--[ Covertly Infiltrating and Monitoring C&C Servers

Presenter
$ getent passwd jfuller
.
├─ name: Jonathan D. Fuller
└── org: Army Cyber Institute
Experience

Jonathan Fuller is a Major in the United States Army and a research scientist for the Army Cyber Institute in the Electrical Engineering and Computer Science Department at the United States Military Academy. He has graduate degrees in Computer Science and Electrical/Computer Engineering. His research interests are cyber attack forensics, IoT security, and malware analysis.
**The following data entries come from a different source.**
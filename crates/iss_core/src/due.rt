//! What is due, in its order, and the entries of each thing.
ghost use Rattle.std.specs.Prelude.{◌≡◌, ◌++◌, map, fold, not, IfOk, OnOk, IsTrue};
ghost use Rattle.iss_model.specs.Forms.{is_stamp};
ghost use Rattle.iss_model.specs.rules.Activity.{txn_named, call_numbered};
ghost use Rattle.iss_model.specs.rules.Due.{due_items, is_quiet, items_with, thing_entries};
ghost use Rattle.iss_core.specs.States.{facts_of, kept_state};
ghost use Rattle.iss_core.specs.Order.{IsInOrder};
ghost use Rattle.iss_core.specs.Adding.{Adds};
ghost use Rattle.iss_core.specs.Sweeps.{thing_of, HasOwnNames, AreOrdered, merged_things, txn_items, deadline_of, expiry_of, calls_until, calls_after};
ghost use Rattle.iss_core.specs.declared.due.Due.TheVariants.{Call};

use crate::state::State;
use iss_model::{CallId, Entry, Failure, Token};
use std::alloc::{AllocError, Global};

/// A call that isn't answered by its deadline, or a transaction whose holds expire.
#[derive(Clone, Copy)]
pub(crate) enum Due {
    Call(CallId),
    Txn(Token),
}

impl State {
    /// Whether something is due at a moment.
    pub(crate) fn is_due(&self, at: u64) -> bool
        ensures { result ≡ not (is_quiet (due_items (facts_of self.now) at)) }
    {
        self.calls.is_due(at) || self.chain.is_due(at)
    }

    /// All that is due at a moment: by the moment since when, calls before transactions, and then by number.
    pub(crate) fn due(&self, alloc: Global, at: u64) -> Result<Vec<Due>, AllocError>
        requires names { HasOwnNames (kept_state self.now) }
        ensures { IfOk result (λ v. map thing_of v.items ≡ map (λ item. item.thing) (due_items (facts_of self.now) at)) }
    {
        let calls = self.calls.due(alloc, at)?;
        let txns = self.chain.due(alloc, at)?;
        self.merged(alloc, &calls, &txns)
    }

    /// Calls and transactions, each in their order, as one list in its order.
    fn merged(
        &self,
        alloc: Global,
        calls: &[CallId],
        txns: &[Token],
    ) -> Result<Vec<Due>, AllocError>
        requires { AreOrdered (txn_items (facts_of self.now).txns txns.now) }
        ensures { IfOk result (λ v. map thing_of v.items ≡ merged_things (facts_of self.now) calls.now txns.now) }
    {
        let mut due = Vec::new(alloc);
        let mut left = calls;
        for txn in txns {
            left = self.push_until(&mut due, left, self.expiry(txn))?;
            due.push(Due::Txn(*txn))?;
        }
        push_all(&mut due, left)?;
        Ok(due)
    }

    /// Adds the first calls, as far as their deadlines aren't later than a moment. Returns the others.
    fn push_until<'a>(
        &self,
        due: &mut Vec<Due>,
        calls: &'a [CallId],
        until: u64,
    ) -> Result<&'a [CallId], AllocError>
        ensures due { OnOk result (due.new.items ≡ due.old.items ++ map Call (calls_until (facts_of self.now).calls until calls.now)) }
        ensures rest { IfOk result (λ rest. rest.now ≡ calls_after (facts_of self.now).calls until calls.now) }
    {
        for (place, call) in calls.iter().enumerate() {
            if self.deadline(*call) > until {
                return Ok(&calls[place..]);
            }
            due.push(Due::Call(*call))?;
        }
        Ok(&[])
    }

    fn deadline(&self, call: CallId) -> u64
        ensures { result ≡ deadline_of (call_numbered call.0 (facts_of self.now).calls) }
    {
        match self.call(call) {
            Some(call) => call.opened.deadline,
            None => 0,
        }
    }

    fn expiry(&self, txn: &Token) -> u64
        ensures { result ≡ expiry_of (txn_named txn.now (facts_of self.now).txns) }
    {
        match self.hold(txn) {
            Some(hold) => hold.txn.expires,
            None => 0,
        }
    }

    /// The entries of a due thing: a call that isn't answered has failed, a transaction expires, and what an earlier one
    /// has settled makes nothing.
    pub(crate) fn put_due(
        &self,
        alloc: Global,
        out: &mut Vec<Entry>,
        thing: &Due,
        at: u64,
    ) -> Result<(), AllocError>
        requires order { IsInOrder (kept_state self.now) }
        requires stamp { IsTrue (is_stamp at) }
        ensures { OnOk result (Adds out.old out.new (thing_entries (thing_of thing.now) at (facts_of self.now))) }
    {
        match thing {
            Due::Call(call) => match self.asked(*call) {
                Some((opened, txn)) => self.put_failed(out, &opened, &txn, Failure::Timeout, at),
                None => Ok(()),
            },
            Due::Txn(txn) => match self.hold(txn) {
                Some(hold) if hold.live => self.put_expiry(alloc, out, &hold),
                Some(_) | None => Ok(()),
            },
        }
    }
}

fn push_all(due: &mut Vec<Due>, calls: &[CallId]) -> Result<(), AllocError>
    ensures { OnOk result (due.new.items ≡ due.old.items ++ map Call calls.now) }
{
    for call in calls {
        due.push(Due::Call(*call))?;
    }
    Ok(())
}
His current focus is to combine advanced program analysis techniques to explore malware and identify logic that can be reused for botnet counteraction.

Abstract

Current techniques to monitor botnets towards disruption or takedown are likely to result in inaccurate data gathered about the botnet or be detected by C&C orchestrators. Seeking a covert and scalable solution, we look to an evolving pattern in modern malware that integrates standardized over-permissioned protocols, exposing privileged access to C&C servers. We implement techniques to detect and exploit these protocols from over-permissioned bots toward covert C&C server monitoring. Our empirical study of 200k malware captured since 2006 revealed 62,202 over-permissioned bots (nearly 1 in 3) and 443,905 C&C monitoring capabilities, with a steady increase of over-permissioned protocol use over the last 15 years. Due to their ubiquity, we conclude that even though over-permissioned protocols allow for C&C server infiltration, their efficiency and ease of use continue to make them prevalent in the malware operational landscape. This paper presents C3PO, a pipeline that enables our study and empowers incident responders to automatically identify over-permissioned protocols, infiltration vectors to spoof bot-to-C&C communication, and C&C monitoring capabilities that guide covert monitoring post infiltration. Our findings suggest the over-permissioned protocol weakness provides a scalable approach to covertly monitor C&C servers, which is a fundamental enabler of botnet disruptions and takedowns.